Huppke urges to approach a given situation by first figuring out if what you need to do is necessary. To tailor this approach to legal issues, we would urge you to figure out, first and foremost, what the issue is. What is your client asking of you? Does the sales department want you to negotiate a deal before quarter end? Or does the finance department need some guidance on compliance issues. Before you jump all in, figure out exactly what people are asking of you. In this case, F is for issue spotting.
Next, Huppke coaches careful examination -- thinking before speaking. Hopefully, as an attorney you already know the importance of this, but you can never be too careful. Especially in confrontational situations often seen in a litigation context, the first gut response is often the worst. Before speaking or hitting send, spend some time mulling your response over, maybe even get a second opinion. You don't want to make the legal situation for your company worse because you flew off the handle.
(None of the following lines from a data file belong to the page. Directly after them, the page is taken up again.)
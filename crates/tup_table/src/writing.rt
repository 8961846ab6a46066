//! How the store of a site is read and written.
ghost use Rattle.std.specs.Prelude.{◌≡◌, ◌↔◌, ◌++◌, ◌∷◌, [], ◌+◌, ◌<◌, ◌≤◌, List, length, take, drop, IsTrue, IfOk, OnOk};
ghost use Rattle.tup_site.specs.Crash.{GoesOn, NoStep, WriteStep, PinsStore};
ghost use Rattle.tup_site.specs.Store.{Holds};
ghost use Rattle.tup_site.specs.World.{TreeStays};
ghost use Rattle.tup_table.specs.Cause.{CountsFaults, OnlyOutside};
ghost use Rattle.tup_table.specs.Entries.{entries_of};
ghost use Rattle.tup_table.specs.Images.{CommitStep, EndStep, IsNext, LacksGate, closed_end, written_at};
ghost use Rattle.tup_table.specs.Store.{IsEnd};
ghost use Rattle.tup_table.specs.Table.{Rests};
ghost use Rattle.tup_table.specs.declared.change.Change.{Change};

use crate::fault::TableFault;
use std::alloc::Global;
use tup_site::Site;

/// The bytes of the store, which from then on are what a crash leaves.
pub(crate) fn durable_bytes<S: Site>(alloc: Global, site: &mut S) -> Result<Vec<u8>, TableFault>
    ensures bytes { IsTrue S.tells → IfOk result (λ bytes. bytes.items ≡ (S.world site.old).store) }
    ensures durable { IsTrue S.tells
        → OnOk result (PinsStore (S.left_since site.new (S.moment site.new)) (S.world site.new)) }
    ensures same { IsTrue S.tells → S.world site.new ≡ S.world site.old }
    ensures crash { IsTrue S.tells → GoesOn S.moment S.left_since site.old site.new NoStep }
    ensures known { IsTrue S.tells → S.known site.new ≡ S.known site.old }
    ensures outside { OnlyOutside result }
    ensures cause { CountsFaults (S.faults site.old) (S.faults site.new) result }
{
    site.db_sync(alloc)?;
    let len = site.db_len(alloc)?;
    let mut bytes = vec![in alloc; 0; len as usize]?;
    site.db_read(alloc, 0, &mut bytes)?;
    Ok(bytes)
}

/// Writes bytes over the store from a place on, durably. After a refusal any part of the range may hold anything.
pub(crate) fn write_through<S: Site>(
    alloc: Global,
    site: &mut S,
    at: u64,
    bytes: &[u8],
) -> Result<(), TableFault>
    requires { IsTrue S.tells → at ≤ length (S.world site.old).store }
    ensures written { IsTrue S.tells
        → OnOk result (Holds (S.world site.old).store at bytes.now (S.world site.new).store) }
    ensures durable { IsTrue S.tells
        → OnOk result (PinsStore (S.left_since site.new (S.moment site.new)) (S.world site.new)) }
    ensures step { IsTrue S.tells
        → WriteStep at (length bytes.now) (S.world site.old) (S.world site.new) }
    ensures tree { IsTrue S.tells → TreeStays (S.world site.old) (S.world site.new) }
    ensures crash { IsTrue S.tells
        → GoesOn S.moment S.left_since site.old site.new (WriteStep at (length bytes.now)) }
    ensures known { IsTrue S.tells → S.known site.new ≡ S.known site.old }
    ensures outside { OnlyOutside result }
    ensures cause { CountsFaults (S.faults site.old) (S.faults site.new) result }
{
    site.db_write(alloc, at, bytes)?;
    Ok(site.db_sync(alloc)?)
}

/// Writes a closed gate at the end of a store, durably, where no gate stands or an open one with nothing behind it.
pub(crate) fn close_end<S: Site>(
    alloc: Global,
    site: &mut S,
    bytes: &[u8],
    gate: u64,
) -> Result<(), TableFault>
    requires inside { gate ≤ length bytes.now }
    requires ends { IsEnd (drop gate bytes.now) }
    requires bytes { IsTrue S.tells → bytes.now ≡ (S.world site.old).store }
    requires durable { IsTrue S.tells
        → PinsStore (S.left_since site.old (S.moment site.old)) (S.world site.old) }
    ensures store { IsTrue S.tells → OnOk result
        ((S.world site.new).store ≡ take gate bytes.now ++ closed_end (drop gate bytes.now)) }
    ensures durable { IsTrue S.tells
        → OnOk result (PinsStore (S.left_since site.new (S.moment site.new)) (S.world site.new)) }
    ensures step { IsTrue S.tells
        → EndStep gate bytes.now (S.world site.old) (S.world site.new) }
    ensures tree { IsTrue S.tells → TreeStays (S.world site.old) (S.world site.new) }
    ensures crash { IsTrue S.tells
        → GoesOn S.moment S.left_since site.old site.new (EndStep gate bytes.now) }
    ensures known { IsTrue S.tells → S.known site.new ≡ S.known site.old }
    ensures outside { OnlyOutside result }
    ensures cause { CountsFaults (S.faults site.old) (S.faults site.new) result }
{
    if lacks_gate(bytes, gate) {
        return write_through(alloc, site, gate, &[0]);
    }
    Ok(())
}

/// Whether no closed gate stands at the end of a store's commits: none at all, or an open one with nothing behind it.
fn lacks_gate(bytes: &[u8], gate: u64) -> bool
    requires { gate ≤ length bytes.now }
    ensures { IsTrue result ↔ LacksGate (drop gate bytes.now) }
{
    matches!(&bytes[gate as usize..], [] | [1])
}

/// Writes a commit behind the gate at an offset, and opens the gate once it is durable. The gate stays closed until then,
/// so that a crash leaves the commit whole or not at all.
pub(crate) fn write_commit<S: Site>(
    alloc: Global,
    site: &mut S,
    gate: u64,
    bytes: &[u8],
) -> Result<(), TableFault>
    requires room { gate + (1 + length bytes.now) ≤ 2147483648 }
    requires inside { IsTrue S.tells → gate < length (S.world site.old).store }
    ensures rests { IsTrue S.tells → (commits : List (List Change)) (changes : List Change)
        → Rests S.world S.moment S.left_since commits site.old
        → IsNext commits changes gate bytes.now
        → OnOk result (Rests S.world S.moment S.left_since (commits ++ changes ∷ []) site.new) }
    ensures bytes { IsTrue S.tells → (commits : List (List Change)) (changes : List Change)
        → Rests S.world S.moment S.left_since commits site.old
        → IsNext commits changes gate bytes.now
        → OnOk result ((S.world site.new).store
        ≡ written_at gate changes (S.world site.old).store) }
    ensures step { IsTrue S.tells
        → WriteStep gate (1 + length bytes.now) (S.world site.old) (S.world site.new) }
    ensures tree { IsTrue S.tells → TreeStays (S.world site.old) (S.world site.new) }
    ensures behind { IsTrue S.tells → GoesOn S.moment S.left_since site.old site.new
        (WriteStep gate (1 + length bytes.now)) }
    ensures crash { IsTrue S.tells → (commits : List (List Change)) (changes : List Change)
        → Rests S.world S.moment S.left_since commits site.old
        → IsNext commits changes gate bytes.now
        → GoesOn S.moment S.left_since site.old site.new
        (CommitStep (entries_of commits) (entries_of (commits ++ changes ∷ []))) }
    ensures known { IsTrue S.tells → S.known site.new ≡ S.known site.old }
    ensures outside { OnlyOutside result }
    ensures cause { CountsFaults (S.faults site.old) (S.faults site.new) result }
{
    write_through(alloc, site, gate + 1, bytes)?;
    write_through(alloc, site, gate, &[1])
}
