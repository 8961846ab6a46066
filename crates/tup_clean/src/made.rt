//! The files that rules make.
ghost use Rattle.std.specs.Prelude.{IfOk};
ghost use Rattle.tup_access.specs.Generated.{IsGenerated};

use std::alloc::{AllocError, Global};
use std::collections::BTreeSet;
use tup_access::add_paths;
use tup_path::Path;
use tup_rule::Rule;

/// The outputs of all rules.
pub fn generated(alloc: Global, rules: &[Rule]) -> Result<BTreeSet<Path>, AllocError>
    ensures { IfOk result (λ set. IsGenerated rules.now set) }
{
    let mut set = BTreeSet::new(alloc);
    for at in (0..rules.len()).rev() {
        add_paths(&mut set, rules[at].outputs.as_slice())?;
    }
    Ok(set)
}
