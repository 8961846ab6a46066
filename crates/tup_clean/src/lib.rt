//! The clean build: what a project's files are, with no history.
//!
//! `clean_build` gives just the build that `specs/Clean.antt` defines, for every list of rules and whatever runner,
//! and is refused where the runner fails, and for want of memory. It knows nothing of graphs, flags, stamps or threads.
//! Rules wait in a queue, so its time is that of the commands, the declared inputs and the rules, times a logarithm.
//! `generated` and `readers` tell what rules make, and who declares it, to a scheduler too.
//! `Queue` gives the first ready rule again and again, to an update too.
//! `any_order` and `no_order` say that it doesn't matter which ready rule is taken first, and what is left in any order;
//! `in_turn` and `never_stuck` say in which order the build takes its rules, and that it takes all while they are Good.
//! `proofs/Agreeing.antt` says in which other trees a rule could as well be run.
#![tactic(auto)]

mod build;
mod fault;
mod laws;
mod made;
mod queue;
mod running;
mod tree;
mod view;

pub use build::clean_build;
pub use fault::CleanFault;
pub use laws::{any_order, counted_test, in_turn, never_stuck, no_order};
pub use made::generated;
pub use queue::{Queue, readers};
use tup_access::Verdict;
use tup_path::{Files, Items};

/// What a clean build leaves.
#[derive(Drop)]
pub struct Cleaned {
    /// The sources, and the outputs of the Good rules.
    pub tree: Files,
    /// The verdict of each rule; `None` for one that never could be run.
    pub verdicts: Items<Option<Verdict>>,
}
Alter, as in changing your mind -- Huppke thinks that's A-Ok. In the law department, that may mean re-thinking a legal decision, or trying to approach the legal issue from a business frame of mind. Perhaps your company's legal practice is to include certain clauses in all agreements, but maybe your sales team is really persuasive as to why a particular client's agreement shouldn't have that term. Don't be afraid to alter your perspective and think like a business person, so long as you always have the company's best legal interests in mind.
Lastly, Huppke wants you to remember to be nice. While we're big fans of playing nice, as far as dealing with legal issues, we would urge you to remember the end goal. Sometimes you can get caught up in the legal minutiae of an issue and forget the corporate big picture. Take a step out of your lawyer shoes and try to approach the legal issue with what makes the most sense for the business. That just mignt include sustaining the relationships you have built over the years.
While you may rather employ other work acronyms like ASAP, TGIF, IRAC, or our favorite, WTF, incorporating some F.E.A.R. into your life may not be such a bad thing after all.